====== Data for analysis
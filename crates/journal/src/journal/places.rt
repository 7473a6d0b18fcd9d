// What is read from the places of the journal, and written to them.
ghost use Rattle.std.specs.Prelude.{◌≡◌, ℕ, ◌<◌, ◌≤◌, replicate, IfSome, Some, None, MatchOption, slice_index_or, slice_set};
ghost use Rattle.std.specs.Fn.{FnReturnsAt};
ghost use Rattle.journal.specs.Passes.{Finds};
ghost use Rattle.journal.specs.Places.{seek, Apart, Found, lowest_free, Unsettled, Next, MayHold, is_open, open_moment, least_unsettled, unsettled_count};

use crate::entry::{Entry, Held};
use crate::journal::{Journal, PLACES};
use crate::number;

impl Journal {
    // A journal with every place free.
    pub fn new() -> Journal
        ensures { result.places ≡ replicate 512 None }
    {
        Journal {
            places: [None; PLACES],
        }
    }

    // What a place holds; nothing past the last one.
    pub fn at(&self, place: usize) -> Option<Entry>
        ensures { result ≡ slice_index_or self.now.places place None }
    {
        self.places.get(place).copied().flatten()
    }

    // The place and the entry of a number.
    pub fn find(&self, number: u64) -> Option<Held>
        ensures { MatchOption result (seek self.now.places number ≡ None) (λ held. Found self.now.places number held.place held.entry) }
    {
        self.first(0, PLACES, |entry| entry.number == number)
    }

    // The first entry that passes a test, from one place on and before another.
    fn first<P: Fn(&Entry) -> bool>(&self, from: usize, to: usize, test: P) -> Option<Held>
        requires bound { to ≤ 512 }
        requires callable { P.IsAlwaysCallable test }
        ensures { Finds (FnReturnsAt P.Fn test) self.now.places from to result }
    {
        for place in from..to {
            if let Some(entry) = self.places[place]
                && test(&entry)
            {
                return Some(Held { place, entry });
            }
        }
        None
    }

    // The lowest free place.
    pub fn free(&self) -> Option<usize>
        ensures { (result ≡ lowest_free self.now.places) × IfSome result (λ i. i < 512) }
    {
        self.places.iter().position(|place| place.is_none())
    }

    // Writes an entry at a place, free or not. No other place has its number.
    pub fn put(&mut self, place: usize, entry: Entry)
        requires { (place < 512) × MayHold self.old.places place entry.number }
        ensures { self.new.places ≡ slice_set self.old.places place (Some entry) }
    {
        self.write(place, Some(entry));
    }

    // Makes a place free.
    pub fn clear(&mut self, place: usize)
        requires { place < 512 }
        ensures { self.new.places ≡ slice_set self.old.places place None }
    {
        self.write(place, None);
    }

    // Writes what leaves no number at two places.
    fn write(&mut self, place: usize, value: Option<Entry>)
        requires { (place < 512) × ∥ Apart (slice_set self.old.places place value) ∥₁ }
        ensures { self.new.places ≡ slice_set self.old.places place value }
    {
        self.places[place] = value;
    }

    // The first waiting or owed entry from the mark on and round, with its place.
    pub fn next_unsettled(&self, mark: usize) -> Option<Held>
        requires { mark < 512 }
        ensures { MatchOption result ((i : ℕ) → Unsettled (slice_index_or self.now.places i None) → ⊥) (λ held. Next self.now.places mark held.place held.entry) }
    {
        // A `match`, since no proof can cite what a closure that is given to `or_else` answers.
        match self.first(mark, PLACES, Entry::unsettled) {
            Some(held) => Some(held),
            None => self.first(0, mark, Entry::unsettled),
        }
    }

    // The least moment of what is waiting or owed.
    pub fn least_unsettled(&self) -> Option<u64>
        ensures { result ≡ least_unsettled self.now.places }
    {
        self.places.iter().filter_map(open_moment).min()
    }

    // How many entries are waiting or owed.
    pub fn unsettled(&self) -> usize
        ensures { result ≡ unsettled_count self.now.places }
    {
        self.places.iter().filter(|place| is_open(place)).count()
    }
}

// Whether a place holds an entry that is waiting or owed.
fn is_open(place: &Option<Entry>) -> bool
    ensures { result ≡ is_open place.now }
{
    place.is_some_and(|entry| entry.unsettled())
}

// The moment of an entry that is waiting or owed.
fn open_moment(place: &Option<Entry>) -> Option<u64>
    ensures { result ≡ open_moment place.now }
{
    place
        .filter(Entry::unsettled)
        .map(|entry| number::moment(entry.number))
}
============
Your task is to restate, word for word, only those lines above that fall between the line holding "512) × MayHold" and the line holding "with its place.", inclusive.

        requires { (place < 512) × MayHold self.old.places place entry.number }
        ensures { self.new.places ≡ slice_set self.old.places place (Some entry) }
    {
        self.write(place, Some(entry));
    }

    // Makes a place free.
    pub fn clear(&mut self, place: usize)
        requires { place < 512 }
        ensures { self.new.places ≡ slice_set self.old.places place None }
    {
        self.write(place, None);
    }

    // Writes what leaves no number at two places.
    fn write(&mut self, place: usize, value: Option<Entry>)
        requires { (place < 512) × ∥ Apart (slice_set self.old.places place value) ∥₁ }
        ensures { self.new.places ≡ slice_set self.old.places place value }
    {
        self.places[place] = value;
    }

    // The first waiting or owed entry from the mark on and round, with its place.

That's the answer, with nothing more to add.